[Records for processing — start]

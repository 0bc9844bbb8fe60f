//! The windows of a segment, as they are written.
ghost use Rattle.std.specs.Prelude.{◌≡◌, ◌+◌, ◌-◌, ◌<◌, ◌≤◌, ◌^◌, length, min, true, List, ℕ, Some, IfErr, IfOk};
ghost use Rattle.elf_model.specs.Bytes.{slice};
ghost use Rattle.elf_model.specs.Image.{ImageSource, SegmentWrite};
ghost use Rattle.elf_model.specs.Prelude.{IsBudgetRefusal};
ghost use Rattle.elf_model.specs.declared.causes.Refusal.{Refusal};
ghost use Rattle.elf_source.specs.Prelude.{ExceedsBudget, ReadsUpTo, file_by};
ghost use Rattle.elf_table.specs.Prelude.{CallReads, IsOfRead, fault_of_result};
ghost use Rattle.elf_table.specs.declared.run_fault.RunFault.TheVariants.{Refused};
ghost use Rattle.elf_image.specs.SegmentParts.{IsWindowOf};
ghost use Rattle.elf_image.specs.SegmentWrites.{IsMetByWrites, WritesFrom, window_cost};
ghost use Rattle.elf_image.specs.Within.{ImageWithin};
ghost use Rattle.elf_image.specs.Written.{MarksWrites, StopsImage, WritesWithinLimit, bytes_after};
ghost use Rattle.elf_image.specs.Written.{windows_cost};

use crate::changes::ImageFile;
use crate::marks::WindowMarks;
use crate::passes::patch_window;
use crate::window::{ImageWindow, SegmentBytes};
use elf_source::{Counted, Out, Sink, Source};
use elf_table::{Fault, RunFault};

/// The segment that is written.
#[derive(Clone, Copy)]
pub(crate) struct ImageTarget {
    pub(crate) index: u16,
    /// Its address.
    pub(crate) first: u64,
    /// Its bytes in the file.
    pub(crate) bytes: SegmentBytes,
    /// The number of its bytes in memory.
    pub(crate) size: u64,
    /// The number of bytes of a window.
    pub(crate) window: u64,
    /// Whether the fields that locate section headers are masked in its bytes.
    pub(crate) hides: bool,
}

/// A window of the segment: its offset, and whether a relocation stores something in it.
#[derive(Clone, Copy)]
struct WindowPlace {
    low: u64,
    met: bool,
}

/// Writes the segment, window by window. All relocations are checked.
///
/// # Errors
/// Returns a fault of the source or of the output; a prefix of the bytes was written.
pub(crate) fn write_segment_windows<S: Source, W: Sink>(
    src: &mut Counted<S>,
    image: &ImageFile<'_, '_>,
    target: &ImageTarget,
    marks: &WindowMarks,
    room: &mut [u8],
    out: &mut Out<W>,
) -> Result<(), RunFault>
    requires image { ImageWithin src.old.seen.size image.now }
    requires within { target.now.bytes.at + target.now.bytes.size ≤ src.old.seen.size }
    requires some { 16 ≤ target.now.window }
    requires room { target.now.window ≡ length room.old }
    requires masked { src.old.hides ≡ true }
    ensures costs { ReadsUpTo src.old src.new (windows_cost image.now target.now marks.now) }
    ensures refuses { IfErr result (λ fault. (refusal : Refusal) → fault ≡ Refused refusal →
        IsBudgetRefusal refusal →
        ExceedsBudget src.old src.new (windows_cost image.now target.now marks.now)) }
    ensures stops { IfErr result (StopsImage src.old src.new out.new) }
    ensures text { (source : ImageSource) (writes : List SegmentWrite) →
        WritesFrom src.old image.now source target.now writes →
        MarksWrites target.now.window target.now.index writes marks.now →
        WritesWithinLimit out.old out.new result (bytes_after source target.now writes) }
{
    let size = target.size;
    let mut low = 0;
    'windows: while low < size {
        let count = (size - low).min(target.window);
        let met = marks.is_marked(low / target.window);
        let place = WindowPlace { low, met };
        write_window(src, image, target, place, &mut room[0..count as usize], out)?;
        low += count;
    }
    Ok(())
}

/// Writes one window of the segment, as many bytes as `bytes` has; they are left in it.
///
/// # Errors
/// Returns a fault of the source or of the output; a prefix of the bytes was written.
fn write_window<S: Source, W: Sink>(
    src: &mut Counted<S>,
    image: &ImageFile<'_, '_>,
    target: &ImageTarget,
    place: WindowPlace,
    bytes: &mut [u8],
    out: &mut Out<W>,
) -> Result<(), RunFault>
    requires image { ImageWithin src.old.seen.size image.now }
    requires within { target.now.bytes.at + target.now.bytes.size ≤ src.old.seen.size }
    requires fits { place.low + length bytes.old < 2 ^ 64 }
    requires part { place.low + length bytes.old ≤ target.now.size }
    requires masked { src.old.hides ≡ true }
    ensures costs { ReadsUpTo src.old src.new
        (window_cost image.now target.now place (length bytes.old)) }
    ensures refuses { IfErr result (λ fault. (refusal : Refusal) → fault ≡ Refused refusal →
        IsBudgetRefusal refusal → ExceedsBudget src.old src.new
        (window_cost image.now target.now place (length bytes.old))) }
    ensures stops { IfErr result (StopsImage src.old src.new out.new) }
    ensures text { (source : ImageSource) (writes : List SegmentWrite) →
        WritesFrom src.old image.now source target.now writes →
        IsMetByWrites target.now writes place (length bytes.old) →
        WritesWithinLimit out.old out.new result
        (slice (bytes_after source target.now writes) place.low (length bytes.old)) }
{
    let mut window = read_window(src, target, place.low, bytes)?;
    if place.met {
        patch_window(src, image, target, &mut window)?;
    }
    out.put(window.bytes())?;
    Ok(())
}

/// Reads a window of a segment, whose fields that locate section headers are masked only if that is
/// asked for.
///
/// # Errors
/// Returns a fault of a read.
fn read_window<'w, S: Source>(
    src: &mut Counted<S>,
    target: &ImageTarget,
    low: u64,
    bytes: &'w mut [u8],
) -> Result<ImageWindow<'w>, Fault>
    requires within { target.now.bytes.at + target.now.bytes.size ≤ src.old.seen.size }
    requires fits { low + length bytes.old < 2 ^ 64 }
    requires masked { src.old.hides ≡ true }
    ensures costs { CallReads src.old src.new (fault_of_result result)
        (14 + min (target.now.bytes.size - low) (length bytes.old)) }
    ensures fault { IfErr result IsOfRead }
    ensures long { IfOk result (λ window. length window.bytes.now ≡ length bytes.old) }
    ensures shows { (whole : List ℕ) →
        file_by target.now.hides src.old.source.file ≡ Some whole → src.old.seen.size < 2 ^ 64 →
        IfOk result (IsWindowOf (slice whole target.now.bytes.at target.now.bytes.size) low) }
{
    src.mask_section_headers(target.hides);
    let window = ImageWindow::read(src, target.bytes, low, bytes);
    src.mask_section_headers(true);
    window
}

[Records for processing — finish]

Work request:
Print each entry exactly as it appears above.

Response to the exercise:
repository 0bc9844bbb8fe60f
//! The windows of a segment, as they are written.
ghost use Rattle.std.specs.Prelude.{◌≡◌, ◌+◌, ◌-◌, ◌<◌, ◌≤◌, ◌^◌, length, min, true, List, ℕ, Some, IfErr, IfOk};
ghost use Rattle.elf_model.specs.Bytes.{slice};
ghost use Rattle.elf_model.specs.Image.{ImageSource, SegmentWrite};
ghost use Rattle.elf_model.specs.Prelude.{IsBudgetRefusal};
ghost use Rattle.elf_model.specs.declared.causes.Refusal.{Refusal};
ghost use Rattle.elf_source.specs.Prelude.{ExceedsBudget, ReadsUpTo, file_by};
ghost use Rattle.elf_table.specs.Prelude.{CallReads, IsOfRead, fault_of_result};
ghost use Rattle.elf_table.specs.declared.run_fault.RunFault.TheVariants.{Refused};
ghost use Rattle.elf_image.specs.SegmentParts.{IsWindowOf};
ghost use Rattle.elf_image.specs.SegmentWrites.{IsMetByWrites, WritesFrom, window_cost};
ghost use Rattle.elf_image.specs.Within.{ImageWithin};
ghost use Rattle.elf_image.specs.Written.{MarksWrites, StopsImage, WritesWithinLimit, bytes_after};
ghost use Rattle.elf_image.specs.Written.{windows_cost};

use crate::changes::ImageFile;
use crate::marks::WindowMarks;
use crate::passes::patch_window;
use crate::window::{ImageWindow, SegmentBytes};
use elf_source::{Counted, Out, Sink, Source};
use elf_table::{Fault, RunFault};

/// The segment that is written.
#[derive(Clone, Copy)]
pub(crate) struct ImageTarget {
    pub(crate) index: u16,
    /// Its address.
    pub(crate) first: u64,
    /// Its bytes in the file.
    pub(crate) bytes: SegmentBytes,
    /// The number of its bytes in memory.
    pub(crate) size: u64,
    /// The number of bytes of a window.
    pub(crate) window: u64,
    /// Whether the fields that locate section headers are masked in its bytes.
    pub(crate) hides: bool,
}

/// A window of the segment: its offset, and whether a relocation stores something in it.
#[derive(Clone, Copy)]
struct WindowPlace {
    low: u64,
    met: bool,
}

/// Writes the segment, window by window. All relocations are checked.
///
/// # Errors
/// Returns a fault of the source or of the output; a prefix of the bytes was written.
pub(crate) fn write_segment_windows<S: Source, W: Sink>(
    src: &mut Counted<S>,
    image: &ImageFile<'_, '_>,
    target: &ImageTarget,
    marks: &WindowMarks,
    room: &mut [u8],
    out: &mut Out<W>,
) -> Result<(), RunFault>
    requires image { ImageWithin src.old.seen.size image.now }
    requires within { target.now.bytes.at + target.now.bytes.size ≤ src.old.seen.size }
    requires some { 16 ≤ target.now.window }
    requires room { target.now.window ≡ length room.old }
    requires masked { src.old.hides ≡ true }
    ensures costs { ReadsUpTo src.old src.new (windows_cost image.now target.now marks.now) }
    ensures refuses { IfErr result (λ fault. (refusal : Refusal) → fault ≡ Refused refusal →
        IsBudgetRefusal refusal →
        ExceedsBudget src.old src.new (windows_cost image.now target.now marks.now)) }
    ensures stops { IfErr result (StopsImage src.old src.new out.new) }
    ensures text { (source : ImageSource) (writes : List SegmentWrite) →
        WritesFrom src.old image.now source target.now writes →
        MarksWrites target.now.window target.now.index writes marks.now →
        WritesWithinLimit out.old out.new result (bytes_after source target.now writes) }
{
    let size = target.size;
    let mut low = 0;
    'windows: while low < size {
        let count = (size - low).min(target.window);
        let met = marks.is_marked(low / target.window);
        let place = WindowPlace { low, met };
        write_window(src, image, target, place, &mut room[0..count as usize], out)?;
        low += count;
    }
    Ok(())
}

/// Writes one window of the segment, as many bytes as `bytes` has; they are left in it.
///
/// # Errors
/// Returns a fault of the source or of the output; a prefix of the bytes was written.
fn write_window<S: Source, W: Sink>(
    src: &mut Counted<S>,
    image: &ImageFile<'_, '_>,
    target: &ImageTarget,
    place: WindowPlace,
    bytes: &mut [u8],
    out: &mut Out<W>,
) -> Result<(), RunFault>
    requires image { ImageWithin src.old.seen.size image.now }
    requires within { target.now.bytes.at + target.now.bytes.size ≤ src.old.seen.size }
    requires fits { place.low + length bytes.old < 2 ^ 64 }
    requires part { place.low + length bytes.old ≤ target.now.size }
    requires masked { src.old.hides ≡ true }
    ensures costs { ReadsUpTo src.old src.new
        (window_cost image.now target.now place (length bytes.old)) }
    ensures refuses { IfErr result (λ fault. (refusal : Refusal) → fault ≡ Refused refusal →
        IsBudgetRefusal refusal → ExceedsBudget src.old src.new
        (window_cost image.now target.now place (length bytes.old))) }
    ensures stops { IfErr result (StopsImage src.old src.new out.new) }
    ensures text { (source : ImageSource) (writes : List SegmentWrite) →
        WritesFrom src.old image.now source target.now writes →
        IsMetByWrites target.now writes place (length bytes.old) →
        WritesWithinLimit out.old out.new result
        (slice (bytes_after source target.now writes) place.low (length bytes.old)) }
{
    let mut window = read_window(src, target, place.low, bytes)?;
    if place.met {
        patch_window(src, image, target, &mut window)?;
    }
    out.put(window.bytes())?;
    Ok(())
}

/// Reads a window of a segment, whose fields that locate section headers are masked only if that is
/// asked for.
///
/// # Errors
/// Returns a fault of a read.
fn read_window<'w, S: Source>(
    src: &mut Counted<S>,
    target: &ImageTarget,
    low: u64,
    bytes: &'w mut [u8],
) -> Result<ImageWindow<'w>, Fault>
    requires within { target.now.bytes.at + target.now.bytes.size ≤ src.old.seen.size }
    requires fits { low + length bytes.old < 2 ^ 64 }
    requires masked { src.old.hides ≡ true }
    ensures costs { CallReads src.old src.new (fault_of_result result)
        (14 + min (target.now.bytes.size - low) (length bytes.old)) }
    ensures fault { IfErr result IsOfRead }
    ensures long { IfOk result (λ window. length window.bytes.now ≡ length bytes.old) }
    ensures shows { (whole : List ℕ) →
        file_by target.now.hides src.old.source.file ≡ Some whole → src.old.seen.size < 2 ^ 64 →
        IfOk result (IsWindowOf (slice whole target.now.bytes.at target.now.bytes.size) low) }
{
    src.mask_section_headers(target.hides);
    let window = ImageWindow::read(src, target.bytes, low, bytes);
    src.mask_section_headers(true);
    window
}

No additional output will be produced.